There are people who’d be dead without Obamacare Bill Phelps of hospital group Sierra Vista
Kern is also the district of Kevin McCarthy, the Republican Majority Leader in the House of Representatives. McCarthy has made overturning Obamacare his personal crusade. Trump is trying to get his healthcare counter reform that would end Obama’s state aid enacted as quickly as possible.
Bakersfield is now a ground zero of the plan: a macabre paradox, given that poor rural areas like this that voted for Trump have the most to lose. Wealthier Californians who live on the coast, and who mostly voted for Clinton, will now get tax breaks.
More than 95,000 people, around 10% of Kern’s population, will lose health cover after funding for Medicaid – the public health system extended by Obama – is cut, according to a study by the University of California, which says that more than 16,000 people will lose subsidies toward their private health insurance. Under Obamacare, the number of people without medical cover fell in the county from 18.2% to 7.9%. The study also estimates that withdrawing the funding will mean the loss of 5,000 jobs in the county.
“Our community is afraid,” says Edgar Aguilar, head of the Community Health Initiative, a program that advises people about healthcare options and helps them sign up for Obamacare. In this rural area, he says, most people cannot afford private healthcare and are not covered by their employers.
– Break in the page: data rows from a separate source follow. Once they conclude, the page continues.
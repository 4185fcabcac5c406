// Complex numbers as pairs of doubles, by value, and a polynomial with real coefficients at one. Each contract says what the parts are
// in doubles; how far these are from the exact polynomial is in proofs/Laws.
#![tactic(auto)]

ghost use Rattle.std.specs.Prelude.{◌≡◌};
ghost use Rattle.double.specs.Complex.{sum, product, step, horner};

pub mod series;

#[derive(Clone, Copy)]
pub struct Pair {
    pub re: f64,
    pub im: f64,
}

pub fn plus(a: Pair, b: Pair) -> Pair
    ensures { result ≡ sum a b }
{
    Pair {
        re: a.re + b.re,
        im: a.im + b.im,
    }
}

pub fn times(a: Pair, b: Pair) -> Pair
    ensures { result ≡ product a b }
{
    Pair {
        re: a.re * b.re - a.im * b.im,
        im: a.re * b.im + a.im * b.re,
    }
}

// One step of Horner's rule, r * z + c for a real coefficient c.
fn next(r: Pair, z: Pair, c: f64) -> Pair
    ensures { result ≡ step r z c }
{
    let p = times(r, z);
    Pair {
        re: p.re + c,
        im: p.im,
    }
}

// The polynomial with the coefficients c, the lowest first, at z. No coefficients make 0.
pub fn polynomial(c: &[f64], z: Pair) -> Pair
    ensures { result ≡ horner c.now z }
{
    let [rest @ .., last] = c else {
        return Pair { re: 0.0, im: 0.0 };
    };
    let mut sum = Pair { re: *last, im: 0.0 };
    for &coefficient in rest.iter().rev() {
        sum = next(sum, z, coefficient);
    }
    sum
}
But signs of protest are emerging, with posters and hoardings warning about the consequences of dismantling Obamacare. “McCarthy says he knows what people want: he must be talking to people other than us,” says Aguilar.
Javier Reyes, the 34-year-old Young Republicans leader in Kern, says he is “surprised at the accusations that people are going to lose their Medicaid,” saying the program is instead being “restructured.” The assumption is that states that extended health cover thanks to federal funds (which in California amount to $20 billion a year) will not be able to manage on their own.
Reyes says Trump’s plans will “give more choice” because at some time in the future, a national insurance market will be created that will lower prices. Reyes says that warnings that millions of people will lose their healthcare cover, including those from the Congressional Budget Office, are wrong, “as they were wrong about Trump winning.”
“I don’t know why some people think that the market will lower prices when fewer people are insured,” says Bill Phelps, head of programs at Sierra Vista, a hospital group for low-income people in the county. He says Obamacare doubled the amount of money his organization received from the federal government. Its 148,000 patients (75% of them Hispanic) have to decide whether to see a doctor or eat and pay the rent.
“There are people who’d be dead without Obamacare,” says Phelps. “The number-one reason for personal bankruptcy in the United States is medical debts,” he adds, saying that people voted for Trump based on fear of immigration: “They didn’t think about the consequences. People are going to die.”
Betty Basulto, a 53-year-old who has lived in the United States for the last 27 years working as a grape picker and earning $1,000 a month at best, says she hasn’t slept properly since Trump won. She had Medicaid because of her son, but now he is 18, she doesn’t know what she will do. Thanks to her three jobs and the ACA she has insurance that costs her $350 a month and that allows her to treat her diabetes and chronic colitis. Her son, now studying at university, doesn’t have health insurance: “Maybe he’ll have to quit and get a job,” she says.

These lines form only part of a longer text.